Why praise shouldn’t be demonized
Did Baby do something amazing – or at least pretty cool – today? Probably, right? She is growing every day, and if she climbed the stairs, put on her socks, or asked for her breakfast using a complete sentence, she is using skills she might not have had at all just a few short months, weeks, or even days ago. For some parents, this parade of new accomplishments can feel like it needs the accompanying sound-track of their praise and encouragement, but others are a little bit more shy with their compliments.
The argument around praise
Praising children and toddlers for jobs well-done seems like it should be a no-brainer, and for many parents, it is. “Good job,” is a pretty common phrase around the playground, but some studies, and some child behavior experts have concerns about the seemingly harmless phrase.
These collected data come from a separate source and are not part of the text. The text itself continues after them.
// Values of `Field`, `Field61` and `Modulus`, which tests/field_values.pl computes too: for each
// edge the products with all edges modulo 2⁶¹ − 1, one to a line, and digests of every operation on
// all triples of edges; then for each block of 1,000 random triples of numbers of 64 bits, and as
// many of 32, the digests after them. There are five: of each field, and of each of three moduli.
#![tactic(auto)]

use field::Field;
use field::moduli::Modulus;
use field::prime::PrimeField;
use field::wide::Field61;

const EDGES: [u64; 16] = [
    0,
    1,
    2,
    1073741824,
    2147483646,
    2147483647,
    2147483648,
    4294967295,
    4294967296,
    2305843009213693950,
    2305843009213693951,
    2305843009213693952,
    4611686018427387902,
    4611686018427387903,
    9223372036854775808,
    18446744073709551615,
];

// A number on a line of its own.
fn number(rt: &impl Print, n: u64) {
    let _ = println!(rt; "{n}");
}

// A step of a random generator (xorshift, 13, 7 and 17 digits).
fn next(x: u64) -> u64 {
    let a = x ^ (x << 13);
    let b = a ^ (a >> 7);
    b ^ (b << 17)
}

// A digest with more numbers.
fn digest(d: u64, numbers: &[u64]) -> u64 {
    numbers.iter().fold(d, |d, n| next(d ^ *n))
}

// The last 32 bits of a number.
fn low(n: u64) -> u32 {
    (n % 4294967296) as u32
}

// Every operation of a field: the number reduced, and the others of the elements.
fn of_field<F: PrimeField>(d: u64, number: u64, x: F::Element, y: F::Element, z: F::Element) -> u64
where
    F::Element: Into<u64>,
{
    let values = [
        F::modulus().into(),
        F::elements().into(),
        F::reduce(number).into(),
        F::add(x, y).into(),
        F::sub(x, y).into(),
        F::mul(x, y).into(),
        F::horner(x, y, z).into(),
        F::triple(x, y, z, x, z, x, y).into(),
        F::pair(x, y, z, x, y).into(),
    ];
    digest(d, &values)
}

// Every operation of a modulus.
fn of_modulus(k: Modulus, d: u64, x: u64, y: u64, z: u64) -> u64 {
    let values = [
        k.modulus(),
        k.reduce(x),
        k.add(x, y),
        k.sub(x, y),
        k.mul(x, y),
        k.horner(x, y, z),
        k.by_triple(z, x, y, z, x, z, x, y),
        k.by_pair(z, x, y, z, x, y),
    ];
    digest(d, &values)
}

// A digest of every operation of each field, and one for each of three moduli.
#[derive(Clone, Copy)]
struct Digests {
    pub smaller: u64,
    pub larger: u64,
    pub first: u64,
    pub second: u64,
    pub small: u64,
}

// One triple more, and a small modulus for it.
fn more(s: Digests, q: u8, x: u64, y: u64, z: u64) -> Digests {
    Digests {
        smaller: of_field::<Field>(s.smaller, x, low(x), low(y), low(z)),
        larger: of_field::<Field61>(s.larger, x, x, y, z),
        first: of_modulus(Modulus::M31, s.first, x, y, z),
        second: of_modulus(Modulus::M61, s.second, x, y, z),
        small: of_modulus(Modulus::Small(q), s.small, x, y, z),
    }
}

// The five digests.
fn print(rt: &impl Print, s: Digests) {
    for n in [s.smaller, s.larger, s.first, s.second, s.small] {
        number(rt, n);
    }
}

// Two edges with every third.
fn thirds(before: Digests, x: u64, y: u64) -> Digests {
    let mut s = before;
    for (k, z) in EDGES.iter().enumerate() {
        s = more(s, k as u8, x, y, *z);
    }
    s
}

// An edge with all edges: the products, and the digests after every triple.
fn edge(rt: &impl Print, before: Digests, x: u64) -> Digests {
    let mut s = before;
    for y in EDGES {
        number(rt, Field61::mul(x, y));
        s = thirds(s, x, y);
    }
    print(rt, s);
    s
}

// All edges.
fn edges(rt: &impl Print, before: Digests) -> Digests {
    let mut s = before;
    for x in EDGES {
        s = edge(rt, s, x);
    }
    s
}

// Where the random numbers are, and what they have come to.
#[derive(Clone, Copy)]
struct Drawn {
    pub at: u64,
    pub digests: Digests,
}

// One random triple more. A narrow triple follows each wide one.
fn draw(d: Drawn) -> Drawn {
    let x = next(d.at);
    let y = next(x);
    let z = next(y);
    let q = (z % 256) as u8;
    let wide = more(d.digests, q, x, y, z);
    let word: u64 = 4294967296;
    Drawn {
        at: z,
        digests: more(wide, q, x % word, y % word, z % word),
    }
}

// A block of them.
fn block(rt: &impl Print, before: Drawn) -> Drawn {
    let mut d = before;
    for _ in 0..1000 {
        d = draw(d);
    }
    print(rt, d.digests);
    d
}

fn main(rt: HostRuntime) {
    let none = Digests {
        smaller: 1,
        larger: 2,
        first: 3,
        second: 4,
        small: 5,
    };
    let mut d = Drawn {
        at: 88172645463325252,
        digests: edges(&rt, none),
    };
    for _ in 0..100 {
        d = block(&rt, d);
    }
}
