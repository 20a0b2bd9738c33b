//! Edits: when a problem takes one, what it does, how it is undone, and the text of scripts.
//!
//! The definitions are in `specs/`. `Edit` has the sixteen edits and the scripts that they form,
//! and `Formed` says when an edit is good whatever the problem. `Place` and `Numbering` have names
//! by place, and the places that an insertion or a removal moves. `Effect` has the problem after an
//! edit, `Fault` why a problem does not take one, and `Inverse` the edits back. `Script` has edits
//! one after another, the first fault among them, and the edits that lead back. `Migration` goes
//! from yearly costs to investment costs.
//!
//! The text of a script has the format PNS_edits_v1. `Line` has its lines, tokens and first words,
//! and `Term` the sides of a new unit. `ScriptFault` says what is wrong with a token, and which
//! fault of a line is reported. `read_script` of `Read` gives a script, or the first fault of form
//! with its line. `Printed` has the text of a script (`script_text`), and `Meaning` the first fault
//! of a script that a problem does not take. `proofs/` reads and prints small scripts by
//! computation.
#![tactic(auto)]

pub use text_rules::{Section, TextKind, valid_is_well_formed};

/// A kind of fault of an edit script. The variants are in the order of their numbers, 1 to 16.
/// First the whole script is searched for faults of form, 1 to 8 and 16; faults of meaning are
/// found as the script is applied. Of the faults at one line the one with the least number of its
/// group is reported.
#[derive(Clone, Copy, Debug, PartialEq, Eq)]
pub enum EditKind {
    /// The first line is not `file_type=PNS_edits_v1`, or is missing.
    FileType,
    /// A line that has none of the sixteen forms, as far as its first word, the number of its
    /// tokens, kind words, `:`, `=>` and `+` go.
    BadLine,
    /// A text in the place of a name that is not a name.
    BadName,
    /// A text in the place of an amount, of a place or of the years that is not one.
    BadNumber,
    /// An amount that is not a whole number of millionths.
    TooFine,
    /// An amount of more than 10^15 millionths, whatever its sign.
    TooLarge,
    /// A bound, a fixed cost, an investment fixed cost or a rate that is below 0.
    Sign,
    /// A rate of 0, a material twice on one side or on both sides of a unit, or an empty side.
    BadTerms,
    /// A name that is not in the problem. A fault of meaning.
    UnknownName,
    /// A new name that a material, unit or exclusion of the same sort already has. A fault of
    /// meaning.
    DoubleName,
    /// A place above the number of materials, units or exclusions. A fault of meaning.
    BadPlace,
    /// A lower bound above its upper bound. A fault of meaning.
    LowAboveHigh,
    /// A material is removed that a unit has, or a unit that an exclusion names. A fault of
    /// meaning.
    InUse,
    /// No material would be a product. A fault of meaning.
    NoProduct,
    /// More than 256 materials, 128 units or 64 exclusions. A fault of meaning.
    TooMany,
    /// A unit twice in one exclusion.
    BadMembers,
}

/// The first word of a line of a script.
#[derive(Clone, Copy, Debug, PartialEq, Eq)]
pub enum Word {
    Price,
    Bounds,
    Kind,
    Capacity,
    Fix,
    Proportional,
    RenameMaterial,
    RenameUnit,
    AddMaterial,
    RemoveMaterial,
    AddUnit,
    RemoveUnit,
    Exclude,
    Unexclude,
    Investment,
    Payout,
}
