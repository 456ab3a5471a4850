//! Laws of the definitions.

ghost use Rattle.std.specs.Prelude.{◌≡◌, ◌↔◌, List, Some};
ghost use Rattle.t7_records.specs.Records.{Record};
ghost use Rattle.t7_layout.specs.declared.words.TableFault.{TableFault};
ghost use Rattle.t7_layout.specs.Faults.{IsValid, fault_of};
ghost use Rattle.t7_layout.specs.FirstFault.{AreSound, IsFirstFault};

/// The fault of a table is that of its least row with a failing test, and there the first failing test; where no row
/// fails, it is that a role is missing. A table has none exactly where no row fails a test and each role is there.
pub fn the_first_fault_is_told()
    ensures fault { (rows : List Record) (fault : TableFault) → (fault_of rows ≡ Some fault) ↔ IsFirstFault rows fault }
    ensures valid { (rows : List Record) → IsValid rows ↔ AreSound rows }
{}
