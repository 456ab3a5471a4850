//! The fields of templates.

ghost use Rattle.std.specs.Prelude.{◌≡◌, ◌≤◌, ◌<◌, ◌+◌, List, ℕ, IfOk, IfSome, Some, length, map, drop, pos, take, false};
ghost use Rattle.std.specs.Option.{option_eq};
ghost use Rattle.std.specs.Ordering.{int_eq};
ghost use Rattle.t7_records.specs.Records.{record_at};
ghost use Rattle.t7_layout.specs.Faults.{IsValid, fails_cell, fails_width};
ghost use Rattle.t7_layout.specs.Rows.{row_end};
ghost use Rattle.t7_layout.specs.Tables.{place_of, row_name};
ghost use Rattle.t7_layout.specs.Layouts.{IsPlace, Place};
ghost use Rattle.t7_layout.specs.Inside.{filler};
ghost use Rattle.t7_layout.specs.Nulls.{IsWordNumber, null_word};
ghost use Rattle.t7_layout.specs.declared.words.Kind.TheVariants.{Signed, Unsigned};

use crate::rows::*;
use crate::words::Kind;
use std::alloc::{AllocError, Global};
use std::marker::Model;
use std::mem::size_of;
use t7_records::Records;

/// A field of a template: where its bytes lie in a message, and how they are read. It stands for a row of the
/// message layout tables. It lies within its template: offset and width together are at most the template's length.
#[derive(Clone, Copy)]
pub struct FieldRef {
    offset: u16,
    width: u16,
    span: u16,
    kind: Kind,
    has_null: bool,
    null: u64,
}

// A field takes 16 bytes, so that four of them lie in a line of the processor's cache.
const _: () = prove!(size_of::<FieldRef>() == 16);

impl Model for FieldRef {
    ghost use Rattle.std.specs.Prelude.{◌≡◌, is_some};
    ghost use Rattle.t7_layout.specs.Layouts.{IsPlace, Place};
    ghost use Rattle.t7_layout.specs.Nulls.{kept_null, null_word};

    ghost Value = { Place };

    ghost view = { λ a. record { offset = a.offset; width = a.width; kind = a.kind; null = kept_null a.kind a.has_null a.null; span = a.span } };

    ghost invariant = { λ a. IsPlace (record { offset = a.offset; width = a.width; kind = a.kind; null = kept_null a.kind a.has_null a.null; span = a.span })
        × (a.null ≡ null_word (kept_null a.kind a.has_null a.null)) };

    ghost inverse = { λ p. record { offset = p.offset; width = p.width; span = p.span; kind = p.kind; has_null = is_some p.null; null = null_word p.null } };

    ghost use Rattle.t7_layout.specs.KeptFields.{field_back};

    ghost inverse_ok = { λ a h. field_back a h.1 };
}

impl FieldRef {
    /// Where its bytes begin in the message, in bytes from 0.
    pub fn offset(self) -> usize
        ensures value { result ≡ self.offset }
        ensures place { IsPlace self }
    {
        self.offset as usize
    }

    /// How many bytes it has: 1, 2, 4 or 8 for a number, and 1 to 1,024 for bytes as they are.
    pub fn width(self) -> usize
        ensures value { result ≡ self.width }
        ensures place { IsPlace self }
    {
        self.width as usize
    }

    /// How its bytes are read.
    pub fn kind(self) -> Kind
        ensures { result ≡ self.kind }
    {
        self.kind
    }

    /// The number that stands for no value, where the field has one. It is one that the field's bytes can spell.
    pub fn null(self) -> Option<i128>
        ensures { result ≡ self.null }
    {
        if !self.has_null {
            return None;
        }
        match self.kind {
            Kind::Signed => Some(self.null.cast_signed() as i128),
            Kind::Unsigned | Kind::Raw => Some(self.null as i128),
        }
    }

    /// Whether an unsigned field says that it has no value where it says this number.
    pub fn is_null(self, number: u64) -> bool
        requires { self.kind ≡ Unsigned }
        ensures { result ≡ option_eq int_eq self.null (Some (pos number)) }
    {
        self.has_null && self.null == number
    }

    /// Whether a signed field says that it has no value where it says this number.
    pub fn is_signed_null(self, number: i64) -> bool
        requires { self.kind ≡ Signed }
        ensures { result ≡ option_eq int_eq self.null (Some number) }
    {
        self.has_null && self.null.cast_signed() == number
    }

    // A field of one raw byte, which stands where a role's template has no field of a name.
    pub(crate) fn filler() -> FieldRef
        ensures { result ≡ filler }
    {
        FieldRef {
            offset: 0,
            width: 1,
            span: 1,
            kind: Kind::Raw,
            has_null: false,
            null: 0,
        }
    }
}

// The word of the number that stands for no value, and 0 where there is none.
fn null_word(null: Option<i128>) -> u64
    requires { IfSome null IsWordNumber }
    ensures { result ≡ null_word null }
{
    match null {
        None => 0,
        Some(number) if number < 0 => (number as i64).cast_unsigned(),
        Some(number) => number as u64,
    }
}

// The field of a row, in a template of this length.
fn field(rows: &Records, at: usize, size: u64) -> FieldRef
    requires inside { at < length rows.now }
    requires within { row_end (record_at rows.now at) ≤ size }
    requires short { size ≤ 2047 }
    requires cells { fails_cell (record_at rows.now at) ≡ false }
    requires width { fails_width (record_at rows.now at) ≡ false }
    ensures { result ≡ place_of size (record_at rows.now at) }
{
    let null = row_null(rows, at);
    FieldRef {
        offset: row_offset(rows, at) as u16,
        width: row_width(rows, at) as u16,
        span: size as u16,
        kind: row_kind(rows, at),
        has_null: null.is_some(),
        null: null_word(null),
    }
}

/// The names of the fields of rows.
pub(crate) fn names_of(
    alloc: Global,
    rows: &Records,
    start: usize,
    end: usize,
) -> Result<Vec<Vec<u8>>, AllocError>
    requires order { start ≤ end }
    requires inside { end ≤ length rows.now }
    ensures { IfOk result (λ v. map (λ n. n.items) v.items ≡ map row_name (drop start (take end rows.now))) }
{
    let mut names = Vec::new(alloc);
    for place in start..end {
        let name = Vec::from_slice(alloc, rows.cell(place, 3))?;
        names.push(name)?;
    }
    Ok(names)
}

/// The fields of rows, in a template of this length.
pub(crate) fn fields_of(
    alloc: Global,
    rows: &Records,
    start: usize,
    end: usize,
    size: u64,
) -> Result<Vec<FieldRef>, AllocError>
    requires order { start ≤ end }
    requires inside { end ≤ length rows.now }
    requires first { 0 < start }
    requires valid { IsValid rows.now }
    requires short { size ≤ 2047 }
    requires within { (j : ℕ) → start ≤ j → j < end → row_end (record_at rows.now j) ≤ size }
    ensures { IfOk result (λ v. v.items ≡ map (place_of size) (drop start (take end rows.now))) }
{
    let mut fields = Vec::new(alloc);
    for place in start..end {
        fields.push(field(rows, place, size))?;
    }
    Ok(fields)
}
Some research around children’s reactions to praise suggests that certain types of praise, including “good job,” can actually hurt children’s self-esteem, and discourage them from taking risks, while other types of praise can be more beneficial.
- Person praise: The type of praise that some studies suggest can actually have a negative effect on children is “person praise,” or praise that makes a statement about who a child is as a person, inherently. “You’re so smart,” is a common example of person praise, and one that’s often connected with a lack of academic growth. Children who are told that “smart” is who they are, so the theory goes, as well as many personal stories, are less willing to try things they might be “bad” at, or have to work hard to master. On the other hand, when it comes to kindness and generosity, some research says that person praise can actually encourage these attitudes, while other studies suggest that praise, like other rewards, can discourage generosity.
- Process praise: The type of praise that focuses on the process, rather than the end result – “you tried so hard and it paid off,” rather than “you’re good at that,” is set up as the opposite type of praise as person praise. Process praise is supposed to encourage confidence and an adventurous spirit in children without over-inflating their egos. On the other hand, process praise can fall into some of the same pitfalls as person praise, especially as children grow. Evidence suggests that only children 7 and under take praise at face-value. Children older than 7 are likely to evaluate compliments and decide whether they’re sincere, which can affect the impact they have.
Positive, helpful praise
The praise that’s the most likely to have a positive impact on your child, whether it’s person praise or process praise, is praise that’s sincere and specific. As they get older, children start to take in the praise in a more critical way – praise that they perceive as insincere or over the top might not have the positive effect a parent wants, and could even be bad for self-esteem.
Praise that’s specific, or even just noticing specific things, or asking specific questions, can be both more helpful and more significant for children without falling into the traps critics of person praise worry about, like setting up an image of themselves for children to try to live up to.
In the end, the difference between person praise and process praise can be helpful as a way for parents to think more actively about the messages they send their children with their praise, especially if focusing on the process helps parents to be more specific, and more sincere, even if that means turning down the volume on praise a little. By the age of 12, though, one study shows no real difference in children’s reactions to person praise as opposed to process praise.